Simply put, every state had to vote for ratification. Was the vote put directly to the people? Perhaps not. Then again, gun control legislation, Social Security and welfare reform legislation and the like are not put directly to the people either. The people, either directly or indirectly through their representatives, voted to adopt the Constitution as it was, then voted again to ratify the Bill of Rights, along with every other amendment. Don’t confuse direct democracy with representative democracy.

My point is thus: the Second Amendment is not undemocratic. No part of the Constitution is. That point is not undermined because some people choose to withdraw their consent or because some people are unable to consent.

With all due awe, that point is not only undermined if “some people are unable to consent”, it is directly repudiated.

I was trying not to, actually !

Yeah, but what if those who were unable to consent suffer as a result of the vote? In the purest form of the idea, democracy serves all or it is not very democratic.

Lest it go unsaid, I may find parts of the 2nd Ammendment to be rather distasteful but I’d never even imply that it wasn’t affirmed in the same process as the rest of the fine document.

Really? Well, then, I hereby declare the Constitution of the United States of America and every election ever held null and void. Anarchy, I tells ya! Woo! I’m gonna go out and shoot my guns in the air to celebrate! The sheriff can’t arrest me, because by your reasoning he’s not the sheriff!

I like your ideas and would like to subscribe to your newsletter.

That’s an inevitability. There are winners, and there are losers. The losers can be 50% minus one voter. Would you say that their interests are represented by the candidate they voted against?

Democracy does not and cannot serve all interests equally. Someone is always left out. There is simply no way around that point. The only way to ensure that the interests of others are represented in all cases is by amending the Constitution.

… or by eliminating the Electoral College… but that’s ANOTHER rant. :slight_smile:

If I’m not mistaken, this gauntlet has not been picked up yet. Someone, some brave anti-gun soul, please give us this definition!

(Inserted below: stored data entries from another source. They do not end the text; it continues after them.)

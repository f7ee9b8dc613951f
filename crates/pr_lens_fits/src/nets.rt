//! The nets of equations.

ghost use Rattle.std.specs.Prelude.{◌≡◌, ◌≤◌, Err, Some, IfOk};
ghost use Rattle.pr_base.specs.declared.caps.Cap.{Cap};
ghost use Rattle.pr_flat.specs.Flats.{equations_of};
ghost use Rattle.pr_flat.specs.Widths.{AreWidths};
ghost use Rattle.pr_net.specs.Whole.{shape_of};
ghost use Rattle.pr_cut_units.specs.Flats.{flat_net};
ghost use Rattle.pr_cut_units.specs.Nets.{limit_passed};
ghost use Rattle.pr_cut_plan.specs.declared.faults.CutFault.{CutFault};
ghost use Rattle.pr_cut_plan.specs.Plans.{IsPlanOf};

use pr_cut::cut;
use pr_cut_plan::{CutFault, CutPlan, plan_of};
use pr_flat::Flat;
use pr_net::Net;
use pr_width::Widths;
use std::alloc::Global;

/// The plan of equations on so many columns, and their net.
pub fn plan_and_net(
    alloc: Global,
    flat: &Flat,
    widths: &Widths,
    columns: usize,
) -> Result<(CutPlan, Net), CutFault>
    requires widths { AreWidths (equations_of flat.now) widths.now }
    requires columns { (1 ≤ columns) × (columns ≤ 64) }
    ensures plan { IfOk result (λ r. IsPlanOf r.0 (equations_of flat.now) widths.now flat.now.outputs.items) }
    ensures net { IfOk result (λ r. shape_of r.1 ≡ flat_net flat.now widths.now) }
    ensures limit { (cap : Cap) → result ≡ Err (CutFault.Limit cap) →
        limit_passed columns (flat_net flat.now widths.now) ≡ Some cap }
{
    let plan = plan_of(alloc, flat, widths, columns)?;
    let net = cut(alloc, flat, widths, columns)?;
    Ok((plan, net))
}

Yeah. Such that once that definition is rendered, it may be changed to suit the response du jour. :rolleyes:

It was such a little gauntlette, and we didn’t want to embarrass you.

Yes, I would have been terribly embarrassed by you attempting to answer the challenge of another poster. C’mon, please - tell us which weapons you consider to be “assault weapons”, why they should be banned, and how those are different from other weapons.

Could an anti-gun-nut please use the phrase “15-round clip” in order to prompt the obligatory magazine-versus-clip correction? I love that one.

There’s no reason you couldn’t have a 15-round clip. I’ve got a bunch of 10-round clips, I don’t see why they couldn’t make one a bit longer. :slight_smile:

Even if you do that, the basic premise of democracy (even representative democracy) is “the majority rules.”

Your state governor, he can have 50% of the popular vote and his opponent can have 49% of the popular vote, at the end of the day, the guy with 50% is governor and he may enact tons of policies that the 49% are as opposed to as anything they’ve ever been opposed to in their lives. That’s a fundamental truth of democracy and would, of course, even happen if we elected our President’s directly (as we already do our Senators, Representatives, and virtually all major State-level elected officials of which I’m aware.)

*Preach it, *Sister!

Look- some dudes have “gunaphobia”, others are “gun-nuts”. Neither are fully sane. :stuck_out_tongue: (Sorry dudes, maybe “not fully rational” might be better if it make you feel better :smiley: .) In any thread where guns are even mentioned in passing, there will be posts by both sides, and you really can’t tell one side it is OK to post here, but not the other.

(Myself, I am one of the few in the middle. Show me a gun law that actually significanty reduces violent crime, and I am for it. So far, I haven’t seen many.)